After his execution, Kelly, was originally buried in a mass grave at the Old Melbourne Gaol, however, his remains, together with 33 other prisoners, were reburied in Pentridge Prison in 1929. The mass grave was excavated again in 2009, and an almost complete skeleton was found in a wooden axe box at the prison site, thus beginning the quest to identify which bones belonged to Ned Kelly.

Twenty months of scientific examination, involving forensic scientists in Australia and Argentina, using a DNA sample provided by Melbourne art teacher Leigh Olver, latter Kelly’s sister Ellen’s great-grandson, have now confirmed that the bones are indeed the remains of the infamous bushranger.

The outlaw’s skull, which was stolen from a glass display case in 1978, still remains missing and reports that the Victorian government will consider putting the skeleton on display, has been greeted with anger by another relative.

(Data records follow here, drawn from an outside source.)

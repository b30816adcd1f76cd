//! Code as items: plain steps, sequences where they stand, and constructs of further items.
ghost use Rattle.std.specs.Prelude.{◌≡◌, ◌≤◌, ◌+◌, ℕ, map, drop, IfOk};
ghost use Rattle.flat_code.specs.CodeViews.{step_of, steps_of, function_of};
ghost use Rattle.flat_discipline.specs.Items.{item_of, items_of, places, all_places, first_place};
ghost use Rattle.flat_verify.specs.ItemViews.{as_item, as_items, as_bodies, bodies_of};

use crate::demands::places_sum;
use crate::effects::size_of_sequence;
use crate::sheets::NoMemory;
use flat_code::code::{FlatFunction, FlatStep};
use flat_code::recognize::{FlatSequence, sequence_at};
use std::alloc::Global;

/// An item of a function's body.
pub enum FlatItem<'a> {
    /// A step that is no construct, outside of sequences.
    Plain {
        step: &'a FlatStep,
    },
    /// A sequence that checks a pointer.
    Checks {
        sequence: FlatSequence,
    },
    If {
        cond: u32,
        yes: Vec<FlatItem<'a>>,
        no: Vec<FlatItem<'a>>,
    },
    Block {
        body: Vec<FlatItem<'a>>,
    },
    Loop {
        body: Vec<FlatItem<'a>>,
    },
    Inner {
        body: Vec<FlatItem<'a>>,
    },
}

/// By hand, so that letting an item go is a call where it happens.
impl<'a> Drop for FlatItem<'a> {
    fn drop(self) {
        match self {
            FlatItem::Plain { step: _ }
            | FlatItem::Checks { sequence: _ }
            | FlatItem::If {
                cond: _,
                yes: _,
                no: _,
            }
            | FlatItem::Block { body: _ }
            | FlatItem::Loop { body: _ }
            | FlatItem::Inner { body: _ } => {}
        }
    }
}

// The item of a step outside of sequences.
#[cycle(read)]
#[tactic(auto, using(flat_code::proofs::CodeViewed::flat_views, crate::proofs::ItemViewed::item_views, crate::proofs::Sized::item_places))]
fn item_of<'a>(alloc: Global, g: u8, step: &'a FlatStep) -> Result<FlatItem<'a>, NoMemory>
    requires least { 1 ≤ g }
    requires most { g ≤ 24 }
    ensures { IfOk result (λ i. as_item i ≡ item_of g (step_of step.now)) }
{
    match step {
        FlatStep::If { cond, yes, no } => {
            let yes = items_of(alloc, g, yes)?;
            let no = items_of(alloc, g, no)?;
            Ok(FlatItem::If {
                cond: *cond,
                yes,
                no,
            })
        }
        FlatStep::Block { body } => {
            let body = items_of(alloc, g, body)?;
            Ok(FlatItem::Block { body })
        }
        FlatStep::Loop { body } => {
            let body = items_of(alloc, g, body)?;
            Ok(FlatItem::Loop { body })
        }
        FlatStep::Inner { body } => {
            let body = items_of(alloc, g, body)?;
            Ok(FlatItem::Inner { body })
        }
        _ => Ok(FlatItem::Plain { step }),
    }
}

/// The items of these steps, for slots of 2^g bytes.
#[cycle(read)]
#[tactic(auto, using(crate::proofs::ItemViewed::item_views, crate::proofs::Sized::item_places))]
pub(crate) fn items_of<'a>(
    alloc: Global,
    g: u8,
    steps: &'a [FlatStep],
) -> Result<Vec<FlatItem<'a>>, NoMemory>
    requires least { 1 ≤ g }
    requires most { g ≤ 24 }
    ensures { IfOk result (λ v. as_items v.items ≡ items_of g (steps_of steps.now)) }
{
    let mut items = Vec::new(alloc);
    let mut skip: usize = 0;
    for (i, step) in steps.iter().enumerate() {
        if skip > 0 {
            skip -= 1;
            continue;
        }
        if let Some(sequence) = sequence_at(alloc, g, &steps[i..])? {
            let (count, _) = size_of_sequence(sequence);
            items.push(FlatItem::Checks { sequence })?;
            skip = count - 1;
            continue;
        }
        let item = item_of(alloc, g, step)?;
        items.push(item)?;
    }
    Ok(items)
}

/// The items of each of these functions.
pub(crate) fn bodies_of<'a>(
    alloc: Global,
    g: u8,
    functions: &'a [FlatFunction],
) -> Result<Vec<Vec<FlatItem<'a>>>, NoMemory>
    requires least { 1 ≤ g }
    requires most { g ≤ 24 }
    ensures { IfOk result (λ v. as_bodies v.items ≡ bodies_of g (map function_of functions.now)) }
{
    let mut bodies = Vec::new(alloc);
    for function in functions {
        let items = items_of(alloc, g, function.body.as_slice())?;
        bodies.push(items)?;
    }
    Ok(bodies)
}

/// How many places an item has.
#[cycle(places)]
#[tactic(auto, using(crate::proofs::ItemViewed::item_views))]
pub(crate) fn places(item: &FlatItem) -> Result<u32, NoMemory>
    ensures { IfOk result (λ n. (g : ℕ) → n ≡ places g (as_item item.now)) }
{
    match item {
        FlatItem::Plain { step: _ } => Ok(1),
        FlatItem::Checks { sequence } => {
            let (_, size) = size_of_sequence(*sequence);
            Ok(size)
        }
        FlatItem::If { cond: _, yes, no } => {
            let first = all_places(yes)?;
            let second = all_places(no)?;
            let before = places_sum(1, first)?;
            let size = places_sum(before, second)?;
            Ok(size)
        }
        FlatItem::Block { body } => {
            let inside = all_places(body)?;
            let size = places_sum(1, inside)?;
            Ok(size)
        }
        FlatItem::Loop { body } => {
            let inside = all_places(body)?;
            let size = places_sum(1, inside)?;
            Ok(size)
        }
        FlatItem::Inner { body } => {
            let inside = all_places(body)?;
            let size = places_sum(1, inside)?;
            Ok(size)
        }
    }
}

/// How many places these items have.
#[cycle(places)]
#[tactic(auto, using(crate::proofs::ItemViewed::item_views))]
pub(crate) fn all_places(items: &[FlatItem]) -> Result<u32, NoMemory>
    ensures { IfOk result (λ n. (g : ℕ) → n ≡ all_places g (as_items items.now)) }
{
    let mut n = 0;
    for item in items {
        let more = places(item)?;
        n = places_sum(n, more)?;
    }
    Ok(n)
}

/// The place of the first of the items from the one at `i` on, which stand from a place on; or the place after them.
pub(crate) fn first_place(items: &[FlatItem], i: usize, place: u32, after: u32) -> u32
    ensures { result ≡ first_place (as_items (drop i items.now)) place after }
{
    let count = items.len();
    if i < count { place } else { after }
}
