// The eight calls of a unit, and their answers, as values.
ghost use Rattle.std.specs.Prelude.{◌≡◌};
ghost use Rattle.unit.specs.States.{state_of};
ghost use Rattle.unit.specs.Steps.{step};

use crate::units::Unit;
use card::Card;
use code::Code;
use error_log::FirstError;
use word::{Fault, Word};

#[derive(Clone, Copy, PartialEq, Eq, Debug)]
pub enum Call {
    // place
    Read(u16),
    // place and word
    Write(u16, Word),
    // place, word and enables
    Merge(u16, Word, u8),
    // place
    Scrub(u16),
    // place and cell
    Inject(u16, u8),
    Log,
    First,
    Clear,
}

// What a granted call gives.
#[derive(Clone, Copy, PartialEq, Eq, Debug)]
pub enum Reply {
    // nothing to tell
    Done,
    // the word that a read gives
    Gave(Word),
    // the word that a merge or a scrub read, or none
    Merged(Option<Word>),
    // the log word
    LogWord(u32),
    // the first error, or none
    FirstWas(Option<FirstError>),
}

// What a call is answered: a reply, or the fault with which it is refused.
pub type Answer = Result<Reply, Fault>;

impl<C: Code, D: Card> Unit<C, D> {
    // Makes one call.
    pub fn make(&mut self, call: Call) -> Answer
        ensures answer { result ≡ (step C.Code.code D.Card.model (state_of D.Card.state self.old) call).answer }
        ensures after { state_of D.Card.state self.new ≡ (step C.Code.code D.Card.model (state_of D.Card.state self.old) call).state }
    {
        match call {
            Call::Read(place) => self.read(place).map(Reply::Gave),
            Call::Write(place, word) => self.write(place, word).map(|()| Reply::Done),
            Call::Merge(place, word, enables) => {
                self.merge(place, word, enables).map(Reply::Merged)
            }
            Call::Scrub(place) => self.scrub(place).map(Reply::Merged),
            Call::Inject(place, cell) => self.inject(place, cell).map(|()| Reply::Done),
            Call::Log => Ok(Reply::LogWord(self.log())),
            Call::First => Ok(Reply::FirstWas(self.first())),
            Call::Clear => {
                self.clear();
                Ok(Reply::Done)
            }
        }
    }
}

Anthony Griffiths, a great-grandson of Kelly’s sister Grace, believes that a public exhibition of Kelly’s bones would be macabre and disgusting.

Rolling Stone Mick Jagger played the lead role in the 1970 movie “Ned Kelly” while Heath Ledger starred as the bandit in a 2003 remake, that also featured Orlando Bloom and Geoffrey Rush.

Kelly has also been the inspiration for many books, most notably Peter Carey’s novel “True History of the Kelly Gang“, which won the 2001 Booker Prize.